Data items

========================================================================

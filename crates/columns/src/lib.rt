// The kinds of a descriptor's `%type` fields, in a table, and a value held against all of them that name its field.
// A `%type` field is a row: its kind is that at the end of its type, which stands in its own value or in that of a typedef.
#![tactic(auto)]

ghost use Rattle.std.specs.Prelude.{◌≡◌, true, [], ◌-◌, ◌<◌, ◌≤◌, length};
ghost use Rattle.std.proofs.Math.Option.{some};
ghost use Rattle.format.specs.Bytes.{Bytes, is_some};
ghost use Rattle.format.specs.Limits.{value_bytes, type_fields};
ghost use Rattle.format.specs.Words.{trim};
ghost use Rattle.format.specs.Numbers.{int_bounds, int_of};
ghost use Rattle.values.specs.Value.{value_from};
ghost use Rattle.numbers.specs.Meaning.{int_answer};
ghost use Rattle.typing.specs.Meaning.{typed_in, type_answer};
ghost use Rattle.typedefs.specs.Names.{AreNames};
ghost use Rattle.typedefs.specs.Typedefs.{AreTypedefs};
ghost use Rattle.dictionary.specs.Known.{Described};
ghost use Rattle.terms.specs.Sets.{tags, in_set};
ghost use Rattle.enums.specs.Rows.{leader_of, Leads, IsSymbols, Found};
ghost use Rattle.columns.specs.Meets.{rows_met};
ghost use Rattle.columns.specs.Rows.{text_of, IsKinds, IsTyped, is_symbol, rows_ask};

use dictionary::Tag;
use enums::Symbols;
use format::{Descriptor, File};
use numbers::Whole;
use records::ValuePlace;
use typedefs::{Names, Typedefs};
use typing::Shape;

mod readings;

// The kind of a `%type` field.
#[derive(Clone, Copy)]
pub struct Row {
    pub kind: Shape,
}

// The kinds of a descriptor, one row for each `%type` field, and where the text of a row stands if it is an `enum`, the end of any file otherwise.
#[derive(Clone, Copy)]
pub struct Kinds {
    pub rows: [Row; Descriptor::TYPES],
    pub texts: [usize; Descriptor::TYPES],
    pub count: usize,
}

// The kind of a type that is one.
fn shape_of(t: Option<Shape>) -> Shape
    requires { is_some (type_answer [] t) ≡ true }
    ensures { (s : Bytes) → type_answer s t ≡ some (typed_in s result) }
{
    t.unwrap_or(Shape::Line)
}

// Where the text of a kind stands that was read at a place.
fn text_of(kind: Shape, value: usize) -> usize
    ensures { result ≡ text_of kind value }
{
    match kind {
        Shape::Enum { .. } => value,
        _ => File::BYTES,
    }
}

// The kinds of a descriptor, by its typedefs and their names.
fn fill(d: &[u8], names: Names, defs: Typedefs, scratch: &mut [u8]) -> Kinds
    requires described { Described d.now × AreNames d.now names × AreTypedefs d.now names.places defs }
    requires value_bytes_in_bounds { value_bytes ≤ length scratch.old }
    ensures { IsKinds d.now result }
{
    let mut rows = [Row { kind: Shape::Line }; Descriptor::TYPES];
    let mut texts = [File::BYTES; Descriptor::TYPES];
    let mut i = 0;
    // An index by hand: the loop goes by what the readers find, and this counts what is written.
    let mut count = 0;
    loop {
        let Some(ValuePlace { value, end, .. }) = records::next_named(&d[i..], b"%type") else {
            return Kinds { rows, texts, count };
        };
        let own = typedefs::read_typedef(d, names, i + value, &mut *scratch);
        let t = typedefs::end_of(defs, own);
        let kind = shape_of(t.kind);
        rows[count] = Row { kind };
        texts[count] = text_of(kind, t.value);
        count += 1;
        i += end;
    }
}

// The kinds of a descriptor.
pub fn read(d: &[u8], scratch: &mut [u8]) -> Kinds
    requires described { Described d.now }
    requires value_bytes_in_bounds { value_bytes ≤ length scratch.old }
    ensures { IsKinds d.now result }
{
    let names = typedefs::read_names(d);
    let defs = typedefs::read_typedefs(d, names, &mut *scratch);
    fill(d, names, defs, &mut *scratch)
}

// The rows of whose texts a value is a symbol, blanks and newlines around it aside. Most descriptors
// have no `enum`, and then the value is not looked at.
fn texts_with(d: &[u8], texts: &[usize], entries: &[u32], symbols: Symbols, v: &[u8]) -> u64
    requires { IsSymbols d.now texts.now entries.now symbols }
    ensures { Found d.now texts.now symbols.from symbols.next (trim v.now) result }
{
    if symbols.table.count == 0 {
        return 0;
    }
    let t = words::trimmed(v);
    enums::look_up(d, texts, entries, symbols, &v[t.start..t.end])
}

// Is a value a symbol of a row, if it is known of which texts it is one?
fn is_symbol(texts: &[usize], from: usize, row: usize, found: u64) -> bool
    requires from_le_row { (from ≤ row) × (row < length texts.now) × (row < tags) }
    requires row_value { in_set row found ≡ true → leader_of texts.now from row ≡ row }
    ensures { result ≡ is_symbol texts.now from found row }
{
    if texts[row] >= File::BYTES {
        return false;
    }
    if terms::has(found, row as u64) {
        return true;
    }
    let first = enums::leader(texts, from, row);
    terms::has(found, first as u64)
}

// What a value is held against: the kinds of a descriptor, and the symbols of those from one row on.
#[derive(Clone, Copy)]
pub struct Typed {
    pub kinds: Kinds,
    pub symbols: Symbols,
}

// Does a value meet the kinds in a set of tags, of the rows that have their symbols? x is what it is as an int, found of which texts it is a symbol.
fn rows_met(typed: Typed, found: u64, tags: u64, v: &[u8], x: Option<Whole>) -> bool
    requires from_le_next { (typed.symbols.from ≤ typed.symbols.next) × (typed.symbols.next ≤ type_fields) × (length typed.kinds.rows ≡ type_fields) × (length typed.kinds.texts ≡ type_fields) }
    requires x_value { int_answer x ≡ int_of int_bounds (trim v.now) }
    requires leads { Leads typed.kinds.texts typed.symbols.from typed.symbols.next found }
    ensures { result ≡ rows_ask typed.kinds typed.symbols.from found tags v.now typed.symbols.from (typed.symbols.next - typed.symbols.from) }
{
    let from = typed.symbols.from;
    let next = typed.symbols.next;
    for k in from..next {
        if !terms::has(tags, k as u64) {
            continue;
        }
        let symbol = is_symbol(&typed.kinds.texts, from, k, found);
        if !readings::shape_met(typed.kinds.rows[k].kind, v, x, symbol) {
            return false;
        }
    }
    true
}

// Does the value that begins where s does meet the kinds in a set of tags, of the rows that have their symbols? Most names have no type, and their values are not looked at.
pub fn value_met(
    d: &[u8],
    entries: &[u32],
    typed: Typed,
    tags: u64,
    s: &[u8],
    scratch: &mut [u8],
) -> bool
    requires typed { IsTyped d.now entries.now typed }
    requires s_in_bounds { length (value_from s.now) ≤ length scratch.old }
    ensures { result ≡ rows_met d.now tags typed.symbols.from (typed.symbols.next - typed.symbols.from) (value_from s.now) }
{
    if tags % Tag::TYPES == 0 {
        return true;
    }
    let n = values::copy_value(s, &mut *scratch);
    let x = values::int_in(&scratch[..n]);
    let found = texts_with(d, &typed.kinds.texts, entries, typed.symbols, &scratch[..n]);
    rows_met(typed, found, tags, &scratch[..n], x)
}
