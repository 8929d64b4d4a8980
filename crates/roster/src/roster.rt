// A roster: what it lists, with the rules that it keeps, open or closed.
ghost use Rattle.roster.specs.Rosters.{Sound};

use crate::entry::Entries;

// The state says which calls there are: an open roster is added to, a closed one answers questions and never changes.
#[derive(Drop)]
pub struct Roster<State> {
    pub(crate) state: State,
    pub(crate) entries: Entries,
    ghost sound: { Sound entries },
}
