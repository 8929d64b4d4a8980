// Volumes: tables of targets that are normal, and lawful in every extent.
ghost use Rattle.std.specs.Prelude.{◌<◌, ◌↔◌, IsTrue};
ghost use Rattle.table.specs.Extents.{Covers};
ghost use Rattle.roster.specs.Places.{Lawful, AllLawful, Volume};
ghost use Rattle.roster.specs.Judgements.{VolumeJudged};

use crate::closed::ClosedRoster;
use crate::target::Target;
use table::extent::{Head, Slot};
use table::refusal::Refusal;
use table::table::View;

impl ClosedRoster {
    // Whether a target is lawful for a run of so many sectors.
    fn is_lawful(&self, target: Target, length: u64) -> bool
        requires { 0 < length }
        ensures { IsTrue result ↔ Lawful self.now.entries target length }
    {
        self.judge_target(target, length).is_ok()
    }

    // Whether the target of every slot is lawful over its extent.
    fn all_lawful(&self, slots: &[Slot<Target>], total: u64) -> bool
        requires { Covers slots.now total }
        ensures { IsTrue result ↔ AllLawful self.now.entries slots.now total }
    {
        let Some((first, rest)) = slots.split_first() else {
            return true;
        };
        let mut last = first;
        for slot in rest {
            if !self.is_lawful(last.value, slot.start - last.start) {
                return false;
            }
            last = slot;
        }
        self.is_lawful(last.value, total - last.start)
    }

    // Whether a table is a volume under this roster.
    pub fn is_volume(&self, table: &View<'_, Target>) -> bool
        ensures { IsTrue result ↔ Volume self.now.entries table.now.head table.now.slots.now }
    {
        let Head { count, length } = table.head;
        table.is_normal() && self.all_lawful(&table.slots[..count], length)
    }

    // Refuses a table that is no volume.
    pub(crate) fn judge_volume(&self, table: &View<'_, Target>) -> Result<(), Refusal>
        ensures { VolumeJudged self.now.entries table.now.head table.now.slots.now result }
    {
        self.is_volume(table)
            .then_some(())
            .ok_or(Refusal::BrokenTable)
    }
}
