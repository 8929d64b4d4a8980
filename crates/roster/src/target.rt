// The kind of value that says where a sector of a volume lies.
ghost use Rattle.std.specs.Prelude.{◌≡◌, ◌↔◌, IsTrue};
ghost use Rattle.roster.specs.Targets.{shift_target, same_target, clear_target};
ghost use Rattle.std.proofs.Common.{rules};

use table::kind::Value;

#[derive(Clone, Copy, Debug, Default, PartialEq, Eq)]
pub enum Target {
    // Reads as zeros.
    Zero,
    // Nothing lies here.
    #[default]
    Error,
    // A sector of a listed device.
    Linear { device: u8, sector: u64 },
    // A sector of a listed stripe set.
    Striped { set: u8, offset: u64 },
}

impl Value for Target {
    ghost shift = { shift_target };

    ghost same = { same_target };

    ghost clear = { clear_target };

    ghost lawful = { Prim.search rules };

    fn shifted(self, by: u64) -> Target {
        match self {
            Target::Zero => Target::Zero,
            Target::Error => Target::Error,
            Target::Linear { device, sector } => Target::Linear {
                device,
                sector: sector.wrapping_add(by),
            },
            Target::Striped { set, offset } => Target::Striped {
                set,
                offset: offset.wrapping_add(by),
            },
        }
    }

    fn is_same(self, other: Target) -> bool
        ensures same { result ≡ same_target self other }
        ensures equal { IsTrue result ↔ (self ≡ other) }
    {
        self == other
    }

    fn is_clear(self) -> bool {
        matches!(self, Target::Error)
    }
}
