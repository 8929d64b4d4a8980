// Which targets are lawful for a run.
ghost use Rattle.std.specs.Prelude.{◌<◌, ◌↔◌, IsTrue};
ghost use Rattle.roster.specs.declared.target.Target.TheVariants.{Linear, Striped};
ghost use Rattle.roster.specs.Rosters.{AllClear};
ghost use Rattle.roster.specs.Judgements.{TargetJudged};

use crate::area::Area;
use crate::closed::ClosedRoster;
use crate::refusal::RosterRefusal;
use crate::stripe::Stripe;
use crate::target::Target;
use table::extent::Run;

impl ClosedRoster {
    // Whether no area of a listed set shares a sector with a run.
    fn all_clear(&self, run: Area) -> bool
        ensures { IsTrue result ↔ AllClear self.now.entries run }
    {
        let sets = self.entries.sets.as_slice();
        for numbers in sets {
            let listed = Stripe { numbers };
            if !listed.is_clear(run) {
                return false;
            }
        }
        true
    }

    // Judges a target for a run of so many sectors.
    pub(crate) fn judge_target(&self, target: Target, length: u64) -> Result<(), RosterRefusal>
        requires { 0 < length }
        ensures { TargetJudged self.now.entries target length result }
    {
        match target {
            Target::Zero | Target::Error => Ok(()),
            Target::Linear { device, sector } => self.judge_linear(device, sector, length),
            Target::Striped { set, offset } => self.judge_striped(set, offset, length),
        }
    }

    // Judges sectors of a device.
    fn judge_linear(&self, device: u8, sector: u64, length: u64) -> Result<(), RosterRefusal>
        requires { 0 < length }
        ensures { TargetJudged self.now.entries (Linear device sector) length result }
    {
        let size = self.listed_device(device)?.size;
        let run = Run {
            start: sector,
            length,
        };
        if !run.is_inside(size) {
            return Err(RosterRefusal::LeavesTarget);
        }
        let area = Area {
            device,
            from: sector,
            to: sector + length,
        };
        if !self.all_clear(area) {
            return Err(RosterRefusal::TouchesArea);
        }
        Ok(())
    }

    // Judges offsets of a set.
    fn judge_striped(&self, set: u8, offset: u64, length: u64) -> Result<(), RosterRefusal>
        requires { 0 < length }
        ensures { TargetJudged self.now.entries (Striped set offset) length result }
    {
        let size = self.listed_set(set)?.size();
        let run = Run {
            start: offset,
            length,
        };
        if !run.is_inside(size) {
            return Err(RosterRefusal::LeavesTarget);
        }
        Ok(())
    }
}
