// The checks that a device or a set passes before a roster lists it.
ghost use Rattle.std.specs.Prelude.{◌≡◌, ◌≤◌, ◌↔◌, IsTrue, length, All};
ghost use Rattle.table.specs.Checks.{Answers};
ghost use Rattle.roster.specs.Refusals.{number_of};
ghost use Rattle.roster.specs.Rosters.{SoundDevice, NoClash};
ghost use Rattle.roster.specs.Additions.{Apart, Unlisted, DeviceJudged, NamesListed, entry_of, set_checks, with_set};

use crate::entry::{Column, Device, Entries, SetEntry};
use crate::open::OpenRoster;
use crate::refusal::RosterRefusal;
use crate::stripe::Stripe;
use table::normal::LIMIT;

impl Device {
    // Whether numbers and size are in range.
    fn is_sound(&self) -> bool
        ensures { IsTrue result ↔ SoundDevice self.now }
    {
        self.major <= 4095 && self.minor <= 1048575 && (1..=LIMIT).contains(&self.size)
    }
}

impl SetEntry {
    // The entry of a set with these columns.
    #[tactic(auto, using(crate::proofs::Added::padding))]
    fn new(chunk: u64, rows: u64, columns: &[Column]) -> SetEntry
        requires { length columns.now ≤ 8 }
        ensures { result ≡ entry_of chunk rows columns.now }
    {
        let mut all = [Column::default(); 8];
        all[..columns.len()].copy_from_slice(columns);
        SetEntry {
            width: columns.len(),
            chunk,
            rows,
            columns: all,
        }
    }
}

impl Entries {
    // Whether no listed device has the numbers of this one.
    fn is_unlisted(&self, device: Device) -> bool
        ensures { IsTrue result ↔ Unlisted self.now device }
    {
        self.devices.iter().all(|listed| listed.major != device.major
            || listed.minor != device.minor)
    }

    // Whether every column names a listed device.
    fn names_listed(&self, columns: &[Column]) -> bool
        ensures { IsTrue result ↔ NamesListed self.now columns.now }
    {
        columns
            .iter()
            .all(|column| self.device(column.device).is_some())
    }
}

impl OpenRoster {
    // Refuses a device if the roster is full, its numbers or size are out of range, or it is listed.
    pub(crate) fn judge_device(&self, device: Device) -> Result<(), RosterRefusal>
        ensures { DeviceJudged self.now.entries device result }
    {
        if self.entries.devices.is_full() {
            return Err(RosterRefusal::RosterFull);
        }
        if !device.is_sound() || !self.entries.is_unlisted(device) {
            return Err(RosterRefusal::BadDevice);
        }
        Ok(())
    }

    // Whether no listed set shares a sector with this one.
    fn is_apart_from_listed(&self, stripe: &Stripe<'_>) -> bool
        ensures { IsTrue result ↔ All (λ e. Apart e stripe.now.numbers.now) self.now.entries.sets.items }
    {
        let sets = self.entries.sets.as_slice();
        for numbers in sets {
            let listed = Stripe { numbers };
            if !listed.is_apart(stripe) {
                return false;
            }
        }
        true
    }

    // Whether a set would share no sector with the listed ones or within itself.
    #[tactic(auto, using(crate::proofs::Added::apart_judged))]
    fn is_apart(&self, stripe: &Stripe<'_>) -> bool
        ensures { IsTrue result ↔ NoClash (with_set self.now.entries stripe.now.numbers.now) }
    {
        self.is_apart_from_listed(stripe) && stripe.is_apart_within()
    }

    // Judges a set, and answers the entry of one that passes.
    pub(crate) fn judge_set(
        &self,
        chunk: u64,
        rows: u64,
        columns: &[Column],
    ) -> Result<SetEntry, RosterRefusal>
        ensures { Answers number_of (set_checks self.now.entries chunk rows columns.now) (Unit {0}) (λ e. e ≡ entry_of chunk rows columns.now) result }
    {
        if !self.entries.names_listed(columns) {
            return Err(RosterRefusal::NoDevice);
        }
        if self.entries.sets.is_full() {
            return Err(RosterRefusal::RosterFull);
        }
        if columns.len() > 8 {
            return Err(RosterRefusal::BadSet);
        }
        let entry = SetEntry::new(chunk, rows, columns);
        let set = self.entries.judged(entry).ok_or(RosterRefusal::BadSet)?;
        if !self.is_apart(&set.stripe()) {
            return Err(RosterRefusal::SharedArea);
        }
        Ok(entry)
    }
}
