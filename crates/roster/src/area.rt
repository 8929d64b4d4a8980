// Areas: sectors of one device that belong together.
ghost use Rattle.std.specs.Prelude.{◌↔◌, IsTrue};
ghost use Rattle.roster.specs.Rosters.{Share};

// The sectors of a device from `from` up to, not with, `to`.
#[derive(Clone, Copy, Debug, PartialEq, Eq)]
pub struct Area {
    pub device: u8,
    pub from: u64,
    pub to: u64,
}

impl Area {
    // Whether a sector lies in both.
    #[tactic(auto, using(crate::proofs::Areas::share_tested))]
    pub(crate) fn meets(self, other: Area) -> bool
        ensures { IsTrue result ↔ Share self other }
    {
        self.device == other.device && self.from.max(other.from) < self.to.min(other.to)
    }
}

========================================================================

» Directions for this task: Repeat only the lines above, from the first line of the entries through the line that contains "#![tactic(auto)]", including both ends.

» Solution to the problem:
filename crates/columns/src/lib.rt
// The kinds of a descriptor's `%type` fields, in a table, and a value held against all of them that name its field.
// A `%type` field is a row: its kind is that at the end of its type, which stands in its own value or in that of a typedef.
#![tactic(auto)]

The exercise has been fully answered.